Add Support for OpenSearch Vector database (#1191)

### Description This PR adds a wrapper which adds support for the OpenSearch vector database. Using opensearch-py client we are ingesting the embeddings of given text into opensearch cluster using Bulk API. We can perform the `similarity_search` on the index using the 3 popular searching methods of OpenSearch k-NN plugin: - `Approximate k-NN Search` use approximate nearest neighbor (ANN) algorithms from the [nmslib](https://github.com/nmslib/nmslib), [faiss](https://github.com/facebookresearch/faiss), and [Lucene](https://lucene.apache.org/) libraries to power k-NN search. - `Script Scoring` extends OpenSearch’s script scoring functionality to execute a brute force, exact k-NN search. - `Painless Scripting` adds the distance functions as painless extensions that can be used in more complex combinations.
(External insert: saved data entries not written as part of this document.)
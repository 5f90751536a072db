//! The rules on calls and interfaces, 601 and 602, and the first broken rule from 601 to 606.
#![tactic(auto)]

mod body;
pub mod calls;
pub mod first;
mod globals;
mod interface;
mod keys;
pub mod laws;
mod order;
pub mod rule;
pub mod search;
mod settling;

pub use calls::Calls;
pub use first::first_broken;
pub use search::Search;
pub use spv_entries::Entries;
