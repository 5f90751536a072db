//! Directed graphs over places, which are numbers from 0, each with a row of successors: what walks reach, the
//! graph turned round, rows without repetition, and the one element of a row that is left.
#![tactic(auto)]

pub mod choice;
pub mod distinction;
pub mod places;
pub mod reaching;
pub mod reversing;
pub mod rows;

pub use choice::the_one;
pub use distinction::{Sieve, distinct};
pub use places::{Places, is_marked};
pub use reaching::{reach, reach_all};
pub use reversing::reversed;
pub use rows::Graph;
pub use spv_base::NoMemory;
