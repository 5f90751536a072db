ghost use Rattle.std.specs.Prelude.{ℕ, MatchOption};
ghost use Rattle.graph.specs.Choice.{IsTheOne};

use crate::places::is_marked;

/// The one place of a list that is not marked, where the list names exactly one such place, if more than once too.
/// What lies past the end of the marks is not marked.
pub fn the_one(places: &[usize], marks: &[bool]) -> Option<usize>
    ensures { MatchOption result ((place : ℕ) → ¬ IsTheOne places.now marks.now place) (λ place. IsTheOne places.now marks.now place) }
{
    let mut found = None;
    'places: for place in places {
        if is_marked(marks, *place) {
            continue;
        }
        match found {
            None => found = Some(*place),
            Some(other) => {
                if other != *place {
                    return None;
                }
            }
        }
    }
    found
}
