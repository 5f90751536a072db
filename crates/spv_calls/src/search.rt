ghost use Rattle.std.specs.Prelude.{◌≡◌, ◌++◌, ◌∷◌, [], IfOk, OnOk, MatchOption, fold, length};
ghost use Rattle.graph.specs.Reaching.{IsReached, AreMarks};
ghost use Rattle.graph.specs.Walks.{meet};
ghost use Rattle.spv_calls.specs.Kept.{IsFresh, IsKnown, IsUnmarked, going};

use graph::{Graph, NoMemory};
use std::alloc::Global;

/// Searches along calls, one after the other. Between two of them nothing is met, so that a search takes no more time
/// than what it reaches.
#[derive(Debug, Drop)]
pub struct Search {
    met: Vec<bool>,
    /// The places that are met and whose rows were not looked at.
    waiting: Vec<usize>,
    /// The places that are met.
    reached: Vec<usize>,
}

/// Takes the mark from a place.
fn unmark_one(met: &mut Vec<bool>, place: usize)
    ensures { IsUnmarked met.old.items met.new.items (place ∷ []) }
{
    if place < met.len() {
        met[place] = false;
    }
}

/// Takes the marks from places.
fn unmark(met: &mut Vec<bool>, places: &[usize])
    ensures { IsUnmarked met.old.items met.new.items places.now }
{
    'places: for place in places {
        unmark_one(met, *place);
    }
}

impl Search {
    /// Nothing is met of so many places.
    pub fn new(alloc: Global, count: usize) -> Result<Search, NoMemory>
        ensures { IfOk result (λ search. IsFresh count search) }
    {
        Ok(Search {
            met: vec![in alloc; false; count]?,
            waiting: Vec::new(alloc),
            reached: Vec::new(alloc),
        })
    }

    /// The places that the last search reached.
    pub fn reached(&self) -> &[usize]
        ensures { result.now ≡ self.now.reached.items }
    {
        &self.reached
    }

    /// Meets a place, unless it is met or is none.
    fn meet(&mut self, place: usize) -> Result<(), NoMemory>
        ensures going { OnOk result (going self.new ≡ meet (going self.old) place) }
        ensures known { OnOk result (IsKnown self.old → IsKnown self.new) }
    {
        if place < self.met.len() && !self.met[place] {
            self.met[place] = true;
            self.waiting.push(place)?;
            self.reached.push(place)?;
        }
        Ok(())
    }

    /// Meets the places of a list, one after the other.
    fn meet_all(&mut self, places: &[usize]) -> Result<(), NoMemory>
        ensures going { OnOk result (going self.new ≡ fold meet (going self.old) places.now) }
        ensures known { OnOk result (IsKnown self.old → IsKnown self.new) }
    {
        'places: for place in places {
            self.meet(*place)?;
        }
        Ok(())
    }

    /// The next place whose row is to be looked at.
    fn next(&mut self) -> Option<usize>
        ensures met { self.new.met.items ≡ self.old.met.items }
        ensures reached { self.new.reached.items ≡ self.old.reached.items }
        ensures waiting { MatchOption result (self.old.waiting.items ≡ []) (λ place. self.old.waiting.items ≡ self.new.waiting.items ++ place ∷ []) }
    {
        self.waiting.pop()
    }

    /// Reaches all that a walk from a place leads to, and the place itself. Nothing is met before.
    pub fn run(&mut self, graph: &Graph, start: usize) -> Result<(), NoMemory>
        requires { IsFresh (length graph.now) self.old }
        ensures met { OnOk result (AreMarks (length graph.now) (IsReached graph.now (start ∷ [])) self.new.met.items) }
        ensures known { OnOk result (IsKnown self.new) }
    {
        self.meet(start)?;
        'places: while let Some(place) = self.next() {
            self.meet_all(graph.row(place))?;
        }
        Ok(())
    }

    /// Forgets what was met.
    pub fn clear(&mut self)
        requires { IsKnown self.old }
        ensures { IsFresh (length self.old.met.items) self.new }
    {
        unmark(&mut self.met, &self.reached);
        self.reached.clear();
        self.waiting.clear();
    }
}
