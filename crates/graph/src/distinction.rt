ghost use Rattle.std.specs.Prelude.{◌≡◌, ◌<◌, ◌&&◌, not, nat_eq, nat_lt, length, slice_index, slice_set, IfOk};
ghost use Rattle.std.specs.List.{All};
ghost use Rattle.graph.specs.Distinct.{distinct as distinct_of, places_below, distinct_rows, AreUpTo};

use crate::places::Places;
use crate::rows::Graph;
use spv_base::NoMemory;
use std::alloc::Global;
use std::marker::Model;

/// What drops the repetitions of rows, over a number of places. It remembers for each place the number of the last
/// row that named it, so that it takes no more time for a row than the row is long.
#[derive(Debug, Drop)]
pub struct Sieve {
    last: Vec<usize>,
    stamp: usize,
}

impl Model for Sieve {
    ghost use Rattle.std.specs.Prelude.{ℕ, length};
    ghost use Rattle.graph.specs.Distinct.{AreUpTo};

    ghost Value = { ℕ };

    ghost view = { λ sieve. length sieve.last.items };

    ghost invariant = { λ sieve. AreUpTo sieve.stamp sieve.last.items };
}

/// A stamp above all others; where there is none, the others are forgotten first.
fn next_stamp(last: &mut Vec<usize>, stamp: usize) -> usize
    requires { AreUpTo stamp last.old.items }
    ensures count { length last.new.items ≡ length last.old.items }
    ensures above { All (λ s. s < result) last.new.items }
{
    if stamp < usize::MAX {
        return stamp + 1;
    }
    'stamps: for old in last.iter_mut() {
        *old = 0;
    }
    1
}

/// Whether a place is one, and has not the stamp yet. From now on it has.
fn is_first(last: &mut Vec<usize>, stamp: usize, place: usize) -> bool
    ensures first { result ≡ (nat_lt place (length last.old.items) && not (nat_eq (slice_index last.old.items place) stamp)) }
    ensures after { last.new.items ≡ slice_set last.old.items place stamp }
{
    if place >= last.len() || last[place] == stamp {
        return false;
    }
    last[place] = stamp;
    true
}

/// The places of a row, each where it stands first; they get the stamp.
fn named_once(
    alloc: Global,
    last: &mut Vec<usize>,
    stamp: usize,
    row: &[usize],
) -> Result<Places, NoMemory>
    requires { All (λ s. s < stamp) last.old.items }
    ensures count { length last.new.items ≡ length last.old.items }
    ensures up_to { AreUpTo stamp last.new.items }
    ensures distinct { IfOk result (λ places. places ≡ distinct_of (places_below (length last.old.items) row.now)) }
{
    let mut places = Places::new(alloc);
    'row: for place in row {
        if is_first(last, stamp, *place) {
            places.push(*place)?;
        }
    }
    Ok(places)
}

impl Sieve {
    /// A sieve over the places from 0 on, `count` of them.
    pub fn new(alloc: Global, count: usize) -> Result<Sieve, NoMemory>
        ensures { IfOk result (λ sieve. sieve ≡ count) }
    {
        Ok(Sieve {
            last: vec![in alloc; 0; count]?,
            stamp: 0,
        })
    }

    /// The places that a row names, each once, in the order in which it names them first. Numbers past the last place
    /// are left out. The sieve serves for any number of rows, also after memory was wanting.
    pub fn distinct(&mut self, alloc: Global, row: &[usize]) -> Result<Places, NoMemory>
        ensures count { self.new ≡ self.old }
        ensures distinct { IfOk result (λ places. places ≡ distinct_of (places_below self.old row.now)) }
    {
        self.stamp = next_stamp(&mut self.last, self.stamp);
        named_once(alloc, &mut self.last, self.stamp, row)
    }
}

/// The graph whose rows name each of their places once, in the order in which they name them first. Numbers past the
/// last place are left out.
pub fn distinct(alloc: Global, graph: &Graph) -> Result<Graph, NoMemory>
    ensures { IfOk result (λ answer. answer ≡ distinct_rows graph.now) }
{
    let mut sieve = Sieve::new(alloc, graph.count())?;
    let mut answer = Graph::new(alloc);
    'places: for place in 0..graph.count() {
        answer.push(sieve.distinct(alloc, graph.row(place))?)?;
    }
    Ok(answer)
}
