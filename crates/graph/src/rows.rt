ghost use Rattle.std.specs.Prelude.{◌≡◌, ◌<◌, ◌++◌, ◌∷◌, [], IfOk, OnOk, OnErr, length, replicate, slice_set};
ghost use Rattle.graph.specs.Rows.{row, added};

use crate::places::Places;
use spv_base::NoMemory;
use std::alloc::Global;
use std::marker::Model;

/// A directed graph: for each place the row of its successors. A row may name a place more than once, and may name a
/// number past the last place, from which no edge leads.
#[derive(Debug, Drop)]
pub struct Graph {
    alloc: Global,
    rows: Vec<Places>,
}

impl Model for Graph {
    ghost use Rattle.std.specs.Prelude.{List, ℕ};

    ghost Value = { List (List ℕ) };

    ghost view = { λ graph. graph.rows.items };
}

impl Graph {
    /// The graph with no place.
    pub fn new(alloc: Global) -> Graph
        ensures { result ≡ [] }
    {
        Graph {
            alloc,
            rows: Vec::new(alloc),
        }
    }

    /// The graph of `count` places with no edge.
    pub fn bare(alloc: Global, count: usize) -> Result<Graph, NoMemory>
        ensures { IfOk result (λ graph. graph ≡ replicate count []) }
    {
        let mut graph = Graph::new(alloc);
        'places: for _ in 0..count {
            graph.push_row(&[])?;
        }
        Ok(graph)
    }

    /// Adds a place, with the row of its successors. Where memory is wanting the graph stays as it was.
    pub fn push(&mut self, row: Places) -> Result<(), NoMemory>
        ensures ok { OnOk result (self.new ≡ self.old ++ row ∷ []) }
        ensures err { OnErr result (self.new ≡ self.old) }
    {
        self.rows.push(row)?;
        Ok(())
    }

    /// Adds a place, with a copy of the row of its successors. Where memory is wanting the graph stays as it was.
    pub fn push_row(&mut self, row: &[usize]) -> Result<(), NoMemory>
        ensures ok { OnOk result (self.new ≡ self.old ++ row.now ∷ []) }
        ensures err { OnErr result (self.new ≡ self.old) }
    {
        let row = Places::of(self.alloc, row)?;
        self.push(row)
    }

    /// Adds a successor at the end of a place's row. Where memory is wanting the graph stays as it was.
    pub fn add_edge(&mut self, from: usize, to: usize) -> Result<(), NoMemory>
        requires { from < length self.old }
        ensures ok { OnOk result (self.new ≡ slice_set self.old from (row self.old from ++ to ∷ [])) }
        ensures err { OnErr result (self.new ≡ self.old) }
    {
        self.rows[from].push(to)
    }

    /// Adds a successor at the end of a place's row, unless it is the last there already or the place is none. Where
    /// memory is wanting the graph stays as it was.
    pub fn add_once(&mut self, from: usize, to: usize) -> Result<(), NoMemory>
        ensures ok { OnOk result (self.new ≡ added self.old from to) }
        ensures err { OnErr result (self.new ≡ self.old) }
    {
        if from < self.count() && self.row(from).last() != Some(&to) {
            self.add_edge(from, to)?;
        }
        Ok(())
    }

    /// The number of places.
    pub fn count(&self) -> usize
        ensures { result ≡ length self.now }
    {
        self.rows.len()
    }

    /// The successors of a place; none of a number past the last place.
    pub fn row(&self, place: usize) -> &[usize]
        ensures { result.now ≡ row self.now place }
    {
        match self.rows.get(place) {
            Some(row) => row.as_slice(),
            None => &[],
        }
    }
}
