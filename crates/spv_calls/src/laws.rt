// A law over the definitions. Its function does nothing when it is called.

ghost use Rattle.std.specs.Prelude.{List};
ghost use Rattle.spv_module.specs.Instruction.{Instruction};
ghost use Rattle.spv_calls.specs.Broken.{Tests, AreTests};

/// Of each list of instructions some tests tell which calls and which interfaces fit.
pub fn tests_law()
    ensures { (insts : List Instruction) → (tests : Tests) × AreTests insts tests }
{}
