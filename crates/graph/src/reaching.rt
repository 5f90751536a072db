ghost use Rattle.std.specs.Prelude.{◌≡◌, ◌++◌, ◌∷◌, [], IfOk, OnOk, MatchOption, length, fold};
ghost use Rattle.graph.specs.Reaching.{IsReached, IsReachedPast, AreMarks};
ghost use Rattle.graph.specs.Walks.{begun, meet, passed};

use crate::places::is_marked;
use crate::rows::Graph;
use spv_base::NoMemory;
use std::alloc::Global;
use std::marker::Model;

/// A walk that is under way: which places it has met, and those of them whose rows it has not looked at.
#[derive(Drop)]
struct Walk {
    met: Vec<bool>,
    waiting: Vec<usize>,
}

impl Model for Walk {
    ghost use Rattle.graph.specs.Walks.{Going};

    ghost Value = { Going };

    ghost view = { λ walk. record { met = walk.met.items; waiting = walk.waiting.items } };
}

impl Walk {
    /// The walk that has met no place.
    fn new(alloc: Global, count: usize) -> Result<Walk, NoMemory>
        ensures { IfOk result (λ walk. walk ≡ begun count) }
    {
        Ok(Walk {
            met: vec![in alloc; false; count]?,
            waiting: Vec::new(alloc),
        })
    }

    /// Meets a place, unless it is met or is none.
    fn meet(&mut self, place: usize) -> Result<(), NoMemory>
        ensures { OnOk result (self.new ≡ meet self.old place) }
    {
        if place < self.met.len() && !self.met[place] {
            self.met[place] = true;
            self.waiting.push(place)?;
        }
        Ok(())
    }

    /// Meets the places of a list, one after the other.
    fn meet_all(&mut self, places: &[usize]) -> Result<(), NoMemory>
        ensures { OnOk result (self.new ≡ fold meet self.old places.now) }
    {
        'places: for place in places {
            self.meet(*place)?;
        }
        Ok(())
    }

    /// Looks at the row of a place that may be passed.
    fn pass(&mut self, graph: &Graph, passable: &[bool], place: usize) -> Result<(), NoMemory>
        ensures { OnOk result (self.new ≡ passed graph.now passable.now self.old place) }
    {
        if is_marked(passable, place) {
            self.meet_all(graph.row(place))?;
        }
        Ok(())
    }

    /// The next place whose row is to be looked at.
    fn next(&mut self) -> Option<usize>
        ensures met { self.new.met ≡ self.old.met }
        ensures waiting { MatchOption result (self.old.waiting ≡ []) (λ place. self.old.waiting ≡ self.new.waiting ++ place ∷ []) }
    {
        self.waiting.pop()
    }

    /// The marks of the places that are met.
    fn into_met(self) -> Vec<bool>
        ensures { result.items ≡ self.met }
    {
        let Walk { met, waiting: _ } = self;
        met
    }
}

/// Marks each place that a walk reaches from one of the starts, where a walk goes on only from places that are
/// passable: one mark for each place of the graph. A start that is not passable is reached, and leads nowhere.
/// A number past the last place is no place, as a start too; one past the end of `passable` is not passable.
pub fn reach(
    alloc: Global,
    graph: &Graph,
    starts: &[usize],
    passable: &[bool],
) -> Result<Vec<bool>, NoMemory>
    ensures { IfOk result (λ marks. AreMarks (length graph.now) (IsReachedPast graph.now starts.now passable.now) marks.items) }
{
    let mut walk = Walk::new(alloc, graph.count())?;
    walk.meet_all(starts)?;
    'places: while let Some(place) = walk.next() {
        walk.pass(graph, passable, place)?;
    }
    Ok(walk.into_met())
}

/// Marks each place that a walk reaches from one of the starts: one mark for each place of the graph.
pub fn reach_all(alloc: Global, graph: &Graph, starts: &[usize]) -> Result<Vec<bool>, NoMemory>
    ensures { IfOk result (λ marks. AreMarks (length graph.now) (IsReached graph.now starts.now) marks.items) }
{
    let passable = vec![in alloc; true; graph.count()]?;
    reach(alloc, graph, starts, &passable)
}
Also, supports brute force, exact k-NN search like Script Scoring. ### Issues Resolved https://github.com/hwchase17/langchain/issues/1054 --------- Signed-off-by: Naveen Tatikonda <navtat@amazon.com>
2025-09-04 20:46:45 +00:00 · 2023-02-20 20:39:34 -06:00
parent c5015d77e2
commit 0118706fd6
10 changed files with 786 additions and 5 deletions
--- a/docs/reference/integrations.md
+++ b/docs/reference/integrations.md
@@ -47,5 +47,9 @@ The following use cases require specific installs and api keys:
  - Install requirements with `pip install faiss` for Python 3.7 and `pip install faiss-cpu` for Python 3.10+.
 - _Manifest_:
  - Install requirements with `pip install manifest-ml` (Note: this is only available in Python 3.8+ currently).
+- _OpenSearch_:
+  - Install requirements with `pip install opensearch-py`
+  - If you want to set up OpenSearch on your local, [here](https://opensearch.org/docs/latest/)
+

 If you are using the `NLTKTextSplitter` or the `SpacyTextSplitter`, you will also need to install the appropriate models. For example, if you want to use the `SpacyTextSplitter`, you will need to install the `en_core_web_sm` model with `python -m spacy download en_core_web_sm`. Similarly, if you want to use the `NLTKTextSplitter`, you will need to install the `punkt` model with `python -m nltk.downloader punkt`.